Estaba callado, y no quería hablar con él, así que le dije: "Me voy a casa", luego le di la espalda y salí de la *villa*. Estoy segura de que *Mamá* y *Papá* irán a casa, y supongo que este es el momento en que tendré que contarles sobre mi *mate*. Mientras caminaba de vuelta, podía sentir que alguien me seguía. Debe ser uno de los *guerreros* de *Mateo*, así que seguí caminando hasta que llegué a casa.
*Mamá* y *Papá* estaban sentados en la sala de estar. Probablemente estaban hablando de por qué no les conté sobre él. Suspiré, me senté en el sofá frente a ellos y bajé la cabeza, sintiéndome mal.
"¿Por qué no nos contaste sobre el *príncipe*?", *Mamá* rompió el silencio y preguntó.
"Me preocupaba que solo se preocuparan por mí.
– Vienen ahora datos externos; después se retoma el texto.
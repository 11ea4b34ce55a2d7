// A record block written word by word.
ghost use Rattle.std.specs.Prelude.{◌≡◌, ◌<◌, ℕ, List, length, get_or};
ghost use Rattle.model.specs.Bytes.{block};

use crate::words::put_word;
use model::Block;

// The block of 32 words, each of which the closure answers by its index.
pub fn write_words<F: Fn(usize) -> u32>(b: &mut Block, word: F)
    requires { (i : ℕ) → i < 32 → F.pre word i }
    ensures { (words : List ℕ) × (length words ≡ 32) × (b.new ≡ block words)
        × ((i : ℕ) → i < 32 → F.post word i (get_or words i 0)) }
{
    for i in 0..32 {
        put_word(b, 4 * i, word(i));
    }
}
Ya sabes, no podía oler mi aroma, y lo vieron con otra *Lycan* femenina". Respondí,
"Tuvimos la sensación de que te habías sentido herida y habías pasado por tanto dolor en el momento en que llegaron", dijo *Papá*, y asentí. "Y no estábamos allí para que al menos te cuidáramos cuando eso sucedió".
"¿No confías en nosotros?", preguntó *Mamá*, dolida.
"¡Por supuesto que no!" Exclamé, "Fue porque confiaba tanto en ustedes que sabía que también se sentirían heridos, y no quería que eso sucediera. No podrás hacer tus deberes de la manada, y tenía miedo de que pudiera causarte inconvenientes ya que no podíamos decirles que el *príncipe* es mi *mate*". Agregué,
"¿Por qué no se lo dijiste?" Era *Papá*, y entiendo que pensó que sería mucho más fácil si simplemente les contara la verdad. Pero sé que es más fácil decirlo que hacerlo.
"Me preocupaba que nunca me creyera", respondí. Todavía estaba mirando hacia abajo y simplemente sentí que se sentaban a mi lado.
"Entendemos, cariño; lamentamos haber olvidado tu condición", dijo *Papá*, y ambos me abrazaron. Siento el amor de un padre, y suspiro aliviada porque sé que ya me han perdonado.
"Espera, ¿cómo se enteró de que eras su *mate*?", preguntó *Mamá*, confundida. Les conté lo que pasó, y ambos pensaron por un momento.
"Debes haber tenido la cabeza gacha todo el tiempo cuando hablabas con él", dijo *Papá*.
"Sí, porque *Pi* quería saltarle encima y, ya sabes, llevárselo. Tenía miedo de que me negara como suyo si hacía eso".
"Se enteró porque se miraron a los ojos", dijo *Papá*, así que mi atención se centró en él, y me explicó cómo otra pareja de *mates* se enteraron de ser *mates* el uno del otro. Recuerdo que *Mateo* me preguntó por qué siempre tenía la cabeza gacha o le faltaba el respeto una vez cuando me habló el primer día del torneo.
Ahora que está claro para mí, no sé qué pasará después. Estoy segura de que me llevará con él una vez que decida dejar la manada y regresar al palacio. ¿Me aceptará el *Rey* como la futura *reina*? Soy una *loba* que no tiene aroma, y probablemente pensarán que no tengo una *loba*. Supongo que solo tendré que confiar en mi *mate* para eso, ¿verdad?